In a very real sense "On The Road" is a warning for those who Kerouac later despised when the book's success made him a famous guru for the desperate runaway baby boomer romantics, who refused to see the damage of Moriarty's trip into the unknown and the scars left by brothers adrift. They chose to ignore the visage of a resolved Paradise (the name is no coincidence) shuffling off into the womb of domestic bliss, arm in arm with his new girl to sip hot tea in her inviting upstairs apartment where he (Kerouac) will mature into the writer he longs to be.

And that is, beyond all else, "On The Road"'s lasting legacy; the naked force of the writer's vision. The bold leap for a post-war, relatively unknown novelist to challenge the structure of his art in order to express the forgotten faces of a burgeoning American Century; the dark faces, the soft faces, the young faces, the failed faces, the wild faces, and ultimately the face in the mirror, strung out on fractured dreams in steamy gin joints and lonely highways and endless nights teetering between revelry and misery -- thrashing it together in one long scroll over three weeks, after several painstaking revisions, to finally rescue the honesty in the experience, warts and all.

This is why the feral call of jazz music reverberates as the central theme in Kerouac's travels. His uniquely spastic descriptions of the music and its emotional affects move the narration along as if swept up in a wave, giving credence to Kerouac's beloved "spontaneous prose" and its concussive affect on the reader.

But tall tales of Kerouac jacked on speed and controlled madness whipping off phrasing and imagery in Herculean spurts in mere weeks are greatly exaggerated. While he did unfurl his "scroll version" of the novel in 1950 (released this summer as "On The Road -- The Original Scroll") the final published version we know today was carefully revised several times and in many voices.

"Kerouac's often been accused of having a rather shallow view of jazz," Leland explains. "That his idea of jazz is some primitive guy blows whatever's in his head and gets off the stage. But if you look at the way jazz musicians really put together their solos, with tremendous wood-shedding beforehand, working out phrases or connections or ideas through hours and hours of practice and then putting them together in some kind of spontaneous way onstage in a solo, but not inventing everything whole cloth, that's the way Kerouac wrote 'On The Road'. He'd written a lot of these scenes in his journals or his letters, and even in previous drafts of the book, but he cranked them all together fast in ways that probably felt new to him in the composition, so that draft becomes a performance, and that gives the book its pace and feel."

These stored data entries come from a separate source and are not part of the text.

//! The least read that would be whole from two events (ECMA-262, 2024, 29.7.3).

ghost use Rattle.std.specs.Prelude.{◌≡◌, ◌↔◌, ℕ, ◌<◌, IsTrue, MatchOption, length};
ghost use Rattle.lit_rel.specs.Rows.{Holds, rows_len};
ghost use Rattle.lit_why.specs.Internal.Refusing.{AreTorn, IsWholeBy};
ghost use Rattle.lit_why.specs.RacingPair.{IsLesserPair};
ghost use Rattle.lit_why.specs.Refusal.{IsLesserTriple};

use lit_paths::{Event, event_at};
use lit_rel::{Rows, can_read_whole};

/// A read, and the two events that it would be whole from.
#[derive(Clone, Copy)]
pub(crate) struct Tear {
    pub read: usize,
    pub source: usize,
    pub other: usize,
}

/// Whether a read has this event among its sources and would be whole from it, by reads-from as rows.
fn is_whole(events: &[Event], reads: &Rows, read: usize, source: usize) -> bool
    requires len { rows_len reads.now ≡ length events.now }
    requires read { read < length events.now }
    requires source { source < length events.now }
    ensures { IsTrue result ↔ IsWholeBy events.now (Holds reads.now) read source }
{
    reads.holds(read, source) && can_read_whole(event_at(events, read), event_at(events, source))
}

/// The least event of a greater number than one that a read would be whole from.
fn whole_after(events: &[Event], reads: &Rows, read: usize, source: usize) -> Option<usize>
    requires len { rows_len reads.now ≡ length events.now }
    requires read { read < length events.now }
    requires source { source < length events.now }
    ensures { MatchOption result ((v : ℕ) → source < v → ¬ IsWholeBy events.now (Holds reads.now) read v)
        (λ v. (source < v) × IsWholeBy events.now (Holds reads.now) read v
        × ((u : ℕ) → source < u → u < v → ¬ IsWholeBy events.now (Holds reads.now) read u)) }
{
    for other in source + 1..events.len() {
        if is_whole(events, reads, read, other) {
            return Some(other);
        }
    }
    None
}

/// The least two events that a read would be whole from.
fn torn_read(events: &[Event], reads: &Rows, read: usize) -> Option<(usize, usize)>
    requires len { rows_len reads.now ≡ length events.now }
    requires read { read < length events.now }
    ensures { MatchOption result ((w v : ℕ) → ¬ AreTorn events.now (Holds reads.now) read w v)
        (λ found. AreTorn events.now (Holds reads.now) read found.0 found.1
        × ((w v : ℕ) → AreTorn events.now (Holds reads.now) read w v → ¬ IsLesserPair w v found.0 found.1)) }
{
    for source in 0..events.len() {
        if is_whole(events, reads, read, source) {
            if let Some(other) = whole_after(events, reads, read, source) {
                return Some((source, other));
            }
        }
    }
    None
}

/// The least read that would be whole from two events, with the least two.
pub(crate) fn first_torn(events: &[Event], reads: &Rows) -> Option<Tear>
    requires { rows_len reads.now ≡ length events.now }
    ensures { MatchOption result ((r w v : ℕ) → ¬ AreTorn events.now (Holds reads.now) r w v)
        (λ found. AreTorn events.now (Holds reads.now) found.read found.source found.other
        × ((r w v : ℕ) → AreTorn events.now (Holds reads.now) r w v → ¬ IsLesserTriple r w v found.read found.source found.other)) }
{
    for read in 0..events.len() {
        if let Some((source, other)) = torn_read(events, reads, read) {
            return Some(Tear {
                read,
                source,
                other,
            });
        }
    }
    None
}
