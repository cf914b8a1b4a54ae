//! Checks a condition: the numbers that it compares with, and the registers that it names.

ghost use Rattle.std.specs.Prelude.{◌≡◌, IfSome, IfNone};
ghost use Rattle.std.specs.List.{list_all};
ghost use Rattle.lit_syntax.specs.Syntax.{End};
ghost use Rattle.lit_syntax.specs.Litmus.{statements_of, agents_view};
ghost use Rattle.lit_read.specs.Internal.Marks.{is_small};
ghost use Rattle.lit_read.specs.Internal.State.{body_named, is_known_mark};
ghost use Rattle.lit_read.specs.Internal.Views.{mark_view};

use crate::forms::marks::Mark;
use indexmap::IndexMap;
use lit_syntax::{COMPARED_LIMIT, Stmt, writes};

/// Whether a number compared is one that a register can hold.
fn is_small(mark: &Mark<'_>) -> bool
    ensures { result ≡ is_small (mark_view mark.now) }
{
    match mark {
        Mark::Is(comparison) => comparison.value <= COMPARED_LIMIT,
        _ => true,
    }
}

/// Whether each number compared is one that a register can hold.
pub fn are_small(marks: &[Mark<'_>]) -> bool
    ensures { result ≡ list_all (λ m. is_small (mark_view m)) marks.now }
{
    marks.iter().all(|mark| is_small(mark))
}

/// The statements of the agent with a name.
fn body_of<'m>(agents: &'m IndexMap<String, Vec<Stmt>>, name: &str) -> Option<&'m [Stmt]>
    ensures found { IfSome result (λ body. statements_of body.now ≡ body_named name.now (agents_view agents.now.entries)) }
    ensures absent { IfNone result (body_named name.now (agents_view agents.now.entries) ≡ End) }
{
    let body = agents.get(name)?;
    Some(body.as_slice())
}

/// Whether a comparison names an agent that writes the register.
fn is_known(agents: &IndexMap<String, Vec<Stmt>>, mark: &Mark<'_>) -> bool
    ensures { result ≡ is_known_mark (agents_view agents.now.entries) (mark_view mark.now) }
{
    match mark {
        Mark::Is(comparison) => match body_of(agents, comparison.agent) {
            Some(body) => writes(body, comparison.reg),
            None => false,
        },
        _ => true,
    }
}

/// Whether each comparison names an agent that writes the register.
pub fn are_known(agents: &IndexMap<String, Vec<Stmt>>, marks: &[Mark<'_>]) -> bool
    ensures { result ≡ list_all (λ m. is_known_mark (agents_view agents.now.entries) (mark_view m)) marks.now }
{
    marks.iter().all(|mark| is_known(agents, mark))
}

Still, as Leland puts it, the book's staying power in the American consciousness, whether selling khakis for The Gap or an escape route for youth, is rooted in a deeper "longing for a place in this world and a direction, a sense of meaning, an idea -- and that questioning of how you are going to get on as a man in the world, what type of man are you going to be, that will allow you to live an authentic life. I think those questions are as elusive to us and as relevant to us today as they ever were."

"On The Road" wasn't the first "road" story, and it certainly won't be the last. Homer, James Joyce, Henry Miller, and many others have hit the mark -- some of them an obvious influence on Kerouac's winding tale. Hell, I even wrote one that unabashedly heisted from those guys. But there is something eminently penetrating in the American spirit that Saint Jack tapped into 50 years ago. When he hit the road in 1947, a decade before the novel's publication, this was a very different country to travel. By '57 the highway system would eradicate our mysterious back roads and the quaint towns they led us through would begin to die out, leaving an homogenized nation bloated with malls and fast food chains, stripped of individuality and geographical pride, and a vast underbelly of furtive wanderers would be left to fade like the ghost of Dean Moriarty to haunt the pages of this most extraordinary book.